Royal baby to be a monarch, even if it's a girl
(CBS News) LONDON - Perhaps you've heard: Kate Middleton and Prince William are expecting their first child.
While Buckingham Palace has only said the due date is sometime in July, as the month wears on everyone's royal expectations are peaking.
Kate's last public appearance - exactly one month ago - was sending a Champagne bottle to collide with a ship's hull before she disappeared from view to wait for her baby.
Outside St. Mary's Hospital in London this weekend, the media are waiting too. The birth of this baby will be big news.
It's already big business for the bookies who dropped by - in costume - to show the betting odds on the baby's name.
No surprise: Pocahontas and Hashtag are the longshots.
As for the baby's gender, when Queen Elizabeth was crowned, she was a relative rarity.
Over the centuries, England has had 58 kings and only eight queens. That's because boys were always first in line.
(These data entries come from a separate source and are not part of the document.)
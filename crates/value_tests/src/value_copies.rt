//! A value of each type, its copies, and its octets.

use registry::ComposeSvcParamValue;
use std::alloc::Global;
use svcb_list::{
    Alpn, AlpnBuilder, BuildAlpnError, Ipv4Hint, Ipv6Hint, ItemList, ItemListRef, ListType,
    Mandatory, TlsSupportedGroups,
};
use svcb_value::{DohPath, Ech, NoDefaultAlpn, Ohttp, OpaqueRef, OpaqueType, OpaqueValue, Port};
use wire_base::{Ipv4Addr, Ipv6Addr, NoMemory, ParseError, Parser};

/// Whether a value is composed to octets, through the trait.
pub(crate) fn is_composed<V: ComposeSvcParamValue>(
    alloc: Global,
    value: &V,
    octets: &[u8],
) -> Result<bool, NoMemory> {
    let mut target = Vec::new(alloc);
    value.compose_value(&mut target)?;
    Ok(target.as_slice() == octets)
}

/// Whether a list is equal to its copies, and is composed to octets, as their view is.
fn is_list<T: ListType>(
    alloc: Global,
    list: &ItemList<T>,
    octets: &[u8],
) -> Result<bool, ParseError> {
    let view: ItemListRef<'_, T> = ItemListRef::parse(&mut Parser::from_ref(octets))?;
    Ok(
        *list == list.try_clone(alloc)?
            && *list == view.to_owned_data(alloc)?
            && is_composed(alloc, list, octets)?
            && is_composed(alloc, &view, octets)?,
    )
}

/// Whether octets are read as keys that a client must know.
fn is_mandatory(alloc: Global, octets: &[u8]) -> Result<bool, ParseError> {
    let list = Mandatory::parse(alloc, &mut Parser::from_ref(octets))?;
    is_list(alloc, &list, octets)
}

/// Whether octets are read as protocols.
fn is_alpn(alloc: Global, octets: &[u8]) -> Result<bool, ParseError> {
    let list = Alpn::parse(alloc, &mut Parser::from_ref(octets))?;
    is_list(alloc, &list, octets)
}

/// Octets of keys that a client must know.
const MANDATORY: [&[u8]; 2] = [b"\x00\x01\x00\x04", b"\x00\x01\x00\x04\xff\x00"];

/// Octets of protocols.
const ALPN: [&[u8]; 3] = [b"\x02h2\x05h3-19", b"\x02h3\x02h2", b"\x08f\\oo,bar\x02h2"];

#[test]
fn keys_and_protocols_are_copied_and_composed(rt: HostRuntime) {
    for octets in &MANDATORY {
        assert!(rt; is_mandatory(rt.alloc(), octets) == Ok(true), "{octets:?}");
    }
    for octets in &ALPN {
        assert!(rt; is_alpn(rt.alloc(), octets) == Ok(true), "{octets:?}");
    }
}

/// Whether octets are read as IPv4 addresses.
fn is_ipv4hint(alloc: Global, octets: &[u8]) -> Result<bool, ParseError> {
    let list = Ipv4Hint::parse(alloc, &mut Parser::from_ref(octets))?;
    is_list(alloc, &list, octets)
}

/// Whether octets are read as IPv6 addresses.
fn is_ipv6hint(alloc: Global, octets: &[u8]) -> Result<bool, ParseError> {
    let list = Ipv6Hint::parse(alloc, &mut Parser::from_ref(octets))?;
    is_list(alloc, &list, octets)
}

/// Whether octets are read as two groups.
fn are_groups(alloc: Global, octets: &[u8], groups: [u16; 2]) -> Result<bool, ParseError> {
    let list = TlsSupportedGroups::parse(alloc, &mut Parser::from_ref(octets))?;
    Ok(list.iter().eq(groups) && is_list(alloc, &list, octets)?)
}

/// Octets of IPv4 addresses.
const IPV4HINT: [&[u8]; 2] = [b"\xc0\x00\x02\x01", b"\xc0\x00\x02\x01\xc0\x00\x02\x02"];

/// Octets of IPv6 addresses.
const IPV6HINT: [&[u8]; 3] = [
    b"\x20\x01\x0d\xb8\0\0\0\0\0\0\0\0\0\0\0\x01",
    b"\x20\x01\x0d\xb8\0\0\0\0\0\0\0\0\0\0\0\x01\x20\x01\x0d\xb8\0\0\0\0\0\0\0\0\0\x53\0\x01",
    b"\0\0\0\0\0\0\0\0\0\0\xff\xff\xc6\x33\x64\x64",
];

#[test]
fn addresses_and_groups_are_copied_and_composed(rt: HostRuntime) {
    for octets in &IPV4HINT {
        assert!(rt; is_ipv4hint(rt.alloc(), octets) == Ok(true), "{octets:?}");
    }
    for octets in &IPV6HINT {
        assert!(rt; is_ipv6hint(rt.alloc(), octets) == Ok(true), "{octets:?}");
    }
    assert!(rt; are_groups(rt.alloc(), b"\x00\x1d\x00\x17", [29, 23]) == Ok(true));
}

/// Whether IPv4 addresses are built into octets.
fn are_ipv4(alloc: Global, hosts: &[Ipv4Addr], octets: &[u8]) -> Result<bool, ParseError> {
    let Ok(list) = Ipv4Hint::from_addrs(alloc, hosts) else {
        return Ok(false);
    };
    is_list(alloc, &list, octets)
}

/// Whether IPv6 addresses are built into octets.
fn are_ipv6(alloc: Global, hosts: &[Ipv6Addr], octets: &[u8]) -> Result<bool, ParseError> {
    let Ok(list) = Ipv6Hint::from_addrs(alloc, hosts) else {
        return Ok(false);
    };
    is_list(alloc, &list, octets)
}

#[test]
fn built_addresses_are_copied_and_composed(rt: HostRuntime) {
    let hosts = [Ipv4Addr::new([192, 0, 2, 1]), Ipv4Addr::new([192, 0, 2, 2])];
    assert!(rt; are_ipv4(rt.alloc(), &hosts, IPV4HINT[1]) == Ok(true));
    let hosts = [
        Ipv6Addr::new([0x20, 1, 0x0d, 0xb8, 0, 0, 0, 0, 0, 0, 0, 0, 0, 0, 0, 1]),
        Ipv6Addr::new([0x20, 1, 0x0d, 0xb8, 0, 0, 0, 0, 0, 0, 0, 0, 0, 0x53, 0, 1]),
    ];
    assert!(rt; are_ipv6(rt.alloc(), &hosts, IPV6HINT[1]) == Ok(true));
    let mapped = Ipv6Addr::new([0, 0, 0, 0, 0, 0, 0, 0, 0, 0, 0xff, 0xff, 198, 51, 100, 100]);
    assert!(rt; are_ipv6(rt.alloc(), &[mapped], IPV6HINT[2]) == Ok(true));
}

/// Whether protocols that are pushed are equal to those of a copy of the builder, and composed.
fn are_pushed(alloc: Global) -> Result<bool, BuildAlpnError> {
    let mut builder = AlpnBuilder::empty(alloc);
    builder.push(b"h2")?;
    builder.push(b"h3-19")?;
    let copy = builder.try_clone()?.freeze();
    let list = builder.freeze();
    Ok(list == copy && is_composed(alloc, &copy, ALPN[0])?)
}

#[test]
fn pushed_protocols_are_copied_and_composed(rt: HostRuntime) {
    assert!(rt; are_pushed(rt.alloc()) == Ok(true));
}

/// Whether octets that are not looked into are equal to their copies, and composed, as their view is.
fn is_opaque<T: OpaqueType>(
    alloc: Global,
    value: &OpaqueValue<T>,
    octets: &[u8],
) -> Result<bool, ParseError> {
    let view: OpaqueRef<'_, T> = OpaqueRef::parse(&mut Parser::from_ref(octets))?;
    Ok(
        *value == value.try_clone(alloc)?
            && *value == view.to_owned_data(alloc)?
            && is_composed(alloc, value, octets)?
            && is_composed(alloc, &view, octets)?,
    )
}

/// Whether octets are read as a configuration of Encrypted ClientHello.
fn is_ech(alloc: Global, octets: &[u8]) -> Result<bool, ParseError> {
    let value = Ech::parse(alloc, &mut Parser::from_ref(octets))?;
    is_opaque(alloc, &value, octets)
}

/// Whether octets are read as a path of DNS over HTTPS.
fn is_dohpath(alloc: Global, octets: &[u8]) -> Result<bool, ParseError> {
    let value = DohPath::parse(alloc, &mut Parser::from_ref(octets))?;
    is_opaque(alloc, &value, octets)
}

/// Whether a port is read and composed, and the values without octets are.
fn are_small(alloc: Global) -> Result<bool, ParseError> {
    let port = Port::parse(&mut Parser::from_ref(b"\x00\x35"))?;
    let no_default_alpn = NoDefaultAlpn::parse(&mut Parser::from_ref(b""))?;
    let ohttp = Ohttp::parse(&mut Parser::from_ref(b""))?;
    Ok(
        port == Port::new(53)
            && is_composed(alloc, &port, b"\x00\x35")?
            && is_composed(alloc, &no_default_alpn, b"")?
            && is_composed(alloc, &ohttp, b"")?,
    )
}

#[test]
fn values_without_items_are_copied_and_composed(rt: HostRuntime) {
    assert!(rt; is_ech(rt.alloc(), b"") == Ok(true));
    assert!(rt; is_ech(rt.alloc(), b"\xaa") == Ok(true));
    assert!(rt; is_dohpath(rt.alloc(), b"/q") == Ok(true));
    assert!(rt; is_dohpath(rt.alloc(), b"/q{?dns}") == Ok(true));
    assert!(rt; are_small(rt.alloc()) == Ok(true));
}
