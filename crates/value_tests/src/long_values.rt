//! The longest values that tokens spell: 65,535 octets, or as many items as fit.

use std::alloc::{AllocError, Global};
use svcb_text::scan_param;
use text_spec::ScanError;

/// A key with `=`, and so many items behind it with commas between them. An item is its number where it is to be new,
/// and else a text that is the same for each.
struct List {
    key: &'static str,
    front: &'static str,
    is_numbered: bool,
}

const MANDATORY: List = List {
    key: "mandatory=",
    front: "key",
    is_numbered: true,
};

const IPV4HINT: List = List {
    key: "ipv4hint=",
    front: "192.0.2.1",
    is_numbered: false,
};

const IPV6HINT: List = List {
    key: "ipv6hint=",
    front: "2001:db8::1",
    is_numbered: false,
};

const GROUPS: List = List {
    key: "tls-supported-groups=",
    front: "",
    is_numbered: true,
};

/// The text of so many items and what stands behind them; numbers begin with 1.
fn list_text(alloc: Global, list: &List, count: u16, end: &str) -> Result<String, AllocError> {
    let mut text = String::from_str(alloc, list.key)?;
    for i in 0..count {
        if i > 0 {
            text.push(',')?;
        }
        text.push_str(list.front)?;
        if list.is_numbered {
            let number = format!(in alloc; "{}", i.saturating_add(1))?;
            text.push_str(number.as_str())?;
        }
    }
    text.push_str(end)?;
    Ok(text)
}

/// The fault of so many items and what stands behind them, if they have one.
fn list_fault(alloc: Global, list: &List, count: u16, end: &str) -> Result<(), ScanError> {
    let text = list_text(alloc, list, count, end)?;
    let _value = scan_param(alloc, text.as_bytes())?;
    Ok(())
}

#[test]
fn lists_have_at_most_65535_octets(rt: HostRuntime) {
    assert!(rt; list_fault(rt.alloc(), &MANDATORY, 32767, "") == Ok(()));
    assert!(rt; list_fault(rt.alloc(), &MANDATORY, 32768, "") == Err(ScanError::LongValue));
    assert!(rt; list_fault(rt.alloc(), &IPV4HINT, 16383, "") == Ok(()));
    assert!(rt; list_fault(rt.alloc(), &IPV4HINT, 16384, "") == Err(ScanError::LongValue));
    assert!(rt; list_fault(rt.alloc(), &IPV6HINT, 4095, "") == Ok(()));
    assert!(rt; list_fault(rt.alloc(), &IPV6HINT, 4096, "") == Err(ScanError::LongValue));
    assert!(rt; list_fault(rt.alloc(), &GROUPS, 32767, "") == Ok(()));
    assert!(rt; list_fault(rt.alloc(), &GROUPS, 32768, "") == Err(ScanError::LongValue));
}

#[test]
fn an_item_is_refused_before_the_length(rt: HostRuntime) {
    assert!(rt; list_fault(rt.alloc(), &IPV4HINT, 16384, ",1.2.3") == Err(ScanError::BadAddress));
    assert!(rt; list_fault(rt.alloc(), &GROUPS, 32768, ",1") == Err(ScanError::DuplicateItem));
}

/// The front of a token, an octet and how often it stands behind the front, the end, and the first fault.
type Long = (&'static [u8], u8, usize, &'static [u8], Option<ScanError>);

/// Tokens of many octets.
const LONG: [Long; 16] = [
    (b"alpn=", b'a', 255, b"", None),
    (b"alpn=", b'a', 256, b"", Some(ScanError::LongItem)),
    (b"alpn=", b'a', 256, b",", Some(ScanError::LongItem)),
    (b"alpn=", b'a', 256, b"\\x", Some(ScanError::BadListEscape)),
    (b"ech=", b'A', 87380, b"", None),
    (b"ech=", b'A', 87382, b"==", Some(ScanError::LongValue)),
    (b"ech=", b'A', 87384, b"", Some(ScanError::LongValue)),
    (b"ech=", b'A', 87384, b"A", Some(ScanError::BadBase64)),
    (b"dohpath=", b'/', 65535, b"", None),
    (b"dohpath=", b'/', 65536, b"", Some(ScanError::LongValue)),
    (b"dohpath=", b'/', 65535, b"\xff", Some(ScanError::BadUtf8)),
    (b"key65280=", b'a', 65535, b"", None),
    (b"key65280=", b'a', 65536, b"", Some(ScanError::LongValue)),
    (b"key1=", b'a', 65536, b"", Some(ScanError::LongValue)),
    (b"pvd=", b'a', 65535, b"", None),
    (b"pvd=", b'a', 65536, b"", Some(ScanError::LongValue)),
];

/// A token of many octets.
fn long_token(
    alloc: Global,
    front: &[u8],
    octet: u8,
    count: usize,
    end: &[u8],
) -> Result<Vec<u8>, AllocError> {
    let mut token = Vec::from_slice(alloc, front)?;
    for _ in 0..count {
        token.push(octet)?;
    }
    token.extend_from_slice(end)?;
    Ok(token)
}

/// The fault of a token, if it has one.
fn fault_of(alloc: Global, token: &[u8]) -> Option<ScanError> {
    match scan_param(alloc, token) {
        Ok(_) => None,
        Err(error) => Some(error),
    }
}

#[test]
fn items_and_values_are_bounded(rt: HostRuntime) -> Result<(), AllocError> {
    for (front, octet, count, end, fault) in &LONG {
        let token = long_token(rt.alloc(), front, *octet, *count, end)?;
        assert_eq!(rt;
            fault_of(rt.alloc(), &token),
            *fault,
            "{count} at {front:?}"
        );
    }
    Ok(())
}

/// The fault of a token that ends in so many protocols of one octet, if it has one.
fn protocols_fault(alloc: Global, front: &[u8], count: u16) -> Result<(), ScanError> {
    let mut token = Vec::from_slice(alloc, front)?;
    for _ in 0..count {
        token.extend_from_slice(b",h")?;
    }
    let _value = scan_param(alloc, token.as_slice())?;
    Ok(())
}

#[test]
fn protocols_are_at_most_65535_octets(rt: HostRuntime) {
    assert!(rt; protocols_fault(rt.alloc(), b"alpn=h2", 32766) == Ok(()));
    assert!(rt; protocols_fault(rt.alloc(), b"alpn=h", 32767) == Err(ScanError::LongValue));
}
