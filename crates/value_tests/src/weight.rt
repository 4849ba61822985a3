//! A value type of another crate, as the pages of the traits have it.

ghost use Rattle.std.specs.Prelude.{◌≡◌, ℕ, ◌==◌, length, nat_lt, Ok, Err, if◌then◌else◌};
ghost use Rattle.std.specs.Option.{ok_or};
ghost use Rattle.name_spec.specs.Octets.{Short, be2, number_at};
ghost use Rattle.registry.specs.Texts.{spelled_number};
ghost use Rattle.text_spec.specs.declared.errors.ScanError.TheVariants.{BadNumber};

use registry::{ComposeSvcParamValue, Integer, ParseSvcParamValue, SvcParamKey, SvcParamValue};
use std::alloc::Global;
use svcb_text::ScanSvcParamValue;
use text_spec::ScanError;
use wire_base::{NoMemory, ParseError, Parser};

/// A number of 16 bits under the first key for private use.
#[derive(Clone, Copy, PartialEq, Eq)]
pub(crate) struct Weight(pub(crate) u16);

impl SvcParamValue for Weight {
    ghost key_of = { λ _. 65280 };

    fn key(&self) -> SvcParamKey {
        SvcParamKey::from(SvcParamKey::PRIVATE_RANGE_BEGIN)
    }
}

impl<'a> ParseSvcParamValue<'a> for Weight {
    ghost Seen = { ℕ };

    ghost seen = { λ weight. weight.0 };

    ghost takes = { λ key. key == 65280 };

    ghost reads = { λ _ octets. if nat_lt (length octets) 2 then Err Short
        else Ok (record { value = number_at octets 0; len = 2 }) };

    fn parse_value(
        key: SvcParamKey,
        parser: &mut Parser<'a>,
    ) -> Result<Option<Weight>, ParseError> {
        if u16::from(key) != SvcParamKey::PRIVATE_RANGE_BEGIN {
            return Ok(None);
        }
        let octets = parser.remaining_octets();
        parser.advance(2)?;
        Ok(Some(Weight(u16::from_be_bytes([octets[0], octets[1]]))))
    }
}

impl ComposeSvcParamValue for Weight {
    ghost octets = { λ weight. be2 weight.0 };

    fn compose_len(&self) -> u16 {
        2
    }

    fn compose_value(&self, target: &mut Vec<u8>) -> Result<(), NoMemory> {
        self.0.compose(target)
    }
}

impl ScanSvcParamValue for Weight {
    ghost Seen = { ℕ };

    ghost seen = { λ weight. weight.0 };

    ghost takes = { λ key. key == 65280 };

    ghost spelled = { λ _ text. ok_or (spelled_number 65536 text) BadNumber };

    fn value_from_scan_octets(
        _alloc: Global,
        key: SvcParamKey,
        octs: &[u8],
    ) -> Result<Option<Weight>, ScanError> {
        if u16::from(key) != SvcParamKey::PRIVATE_RANGE_BEGIN {
            return Ok(None);
        }
        Ok(Some(Weight(u16::from_text(octs).ok_or(ScanError::BadNumber)?)))
    }
}
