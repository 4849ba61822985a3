//! What is printed of a value.

use std::alloc::Global;
use std::fmt::Display;
use wire_base::NoMemory;

/// Whether a value is printed as this text, under any width, fill, alignment and precision.
pub(crate) fn is_printed<T: Display>(
    alloc: Global,
    value: &T,
    text: &str,
) -> Result<bool, NoMemory> {
    Ok(
        format!(in alloc; "{value}")?.as_str() == text
            && format!(in alloc; "{value:90}")?.as_str() == text
            && format!(in alloc; "{value:*>90.2}")?.as_str() == text
            && format!(in alloc; "{value:^090.1}")?.as_str() == text,
    )
}
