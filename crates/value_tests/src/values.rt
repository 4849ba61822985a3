//! Values of any octets, read and composed.

use registry::{BuildValueError, SvcParamKey};
use std::alloc::Global;
use svcb_value::{DohPath, UnknownSvcParam};
use wire_base::{ParseError, Parser};

/// Whether octets are the parameter `alpn=223`, which is read and composed.
fn is_alpn(alloc: Global, octets: &[u8]) -> Result<bool, ParseError> {
    let param = UnknownSvcParam::parse_param(alloc, &mut Parser::from_ref(octets))?;
    let mut target = Vec::new(alloc);
    param.compose_param(&mut target)?;
    let is_kept = target.as_slice() == octets;
    Ok(is_kept && param.key() == SvcParamKey::ALPN && param.as_slice() == b"223".as_slice())
}

/// Whether octets are read whole under a key of no type.
fn is_read(alloc: Global, octets: &[u8]) -> Result<bool, ParseError> {
    let mut parser = Parser::from_ref(octets);
    let param = UnknownSvcParam::parse(alloc, SvcParamKey::from(667), &mut parser)?;
    Ok(param.as_slice() == octets)
}

/// Whether a path that is made of a text is the one that is read of its octets.
fn is_path(alloc: Global, text: &str) -> Result<bool, BuildValueError> {
    let path = DohPath::from_text(alloc, text)?;
    match DohPath::parse(alloc, &mut Parser::from_ref(text.as_bytes())) {
        Ok(read) => Ok(read == path),
        Err(_) => Ok(false),
    }
}

#[test]
fn values_of_any_octets_are_read(rt: HostRuntime) {
    assert!(rt; is_alpn(rt.alloc(), b"\x00\x01\x00\x03223") == Ok(true));
    assert!(rt; is_read(rt.alloc(), b"hello\xd2qoo") == Ok(true));
    assert!(rt; is_path(rt.alloc(), "/q{?dns}") == Ok(true));
}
But no longer. The law has just been changed to give girls equal rights to the throne.
"Regardless of being the first-born, girl or boy, this child will be monarch," said CBS royal watcher Roya Nikkhah. "That is hugely historic for this country's royal history."
William is going to be a modern dad. He'll be in the delivery room, he says, and will emerge with his wife and child on the very same step he first appeared on 31 years ago as a newborn.
But before the world sees this new royal baby, a birth announcement will be sent from the hospital 2 miles across London to Buckingham Palace, where it will be posted in the forecourt on an easel.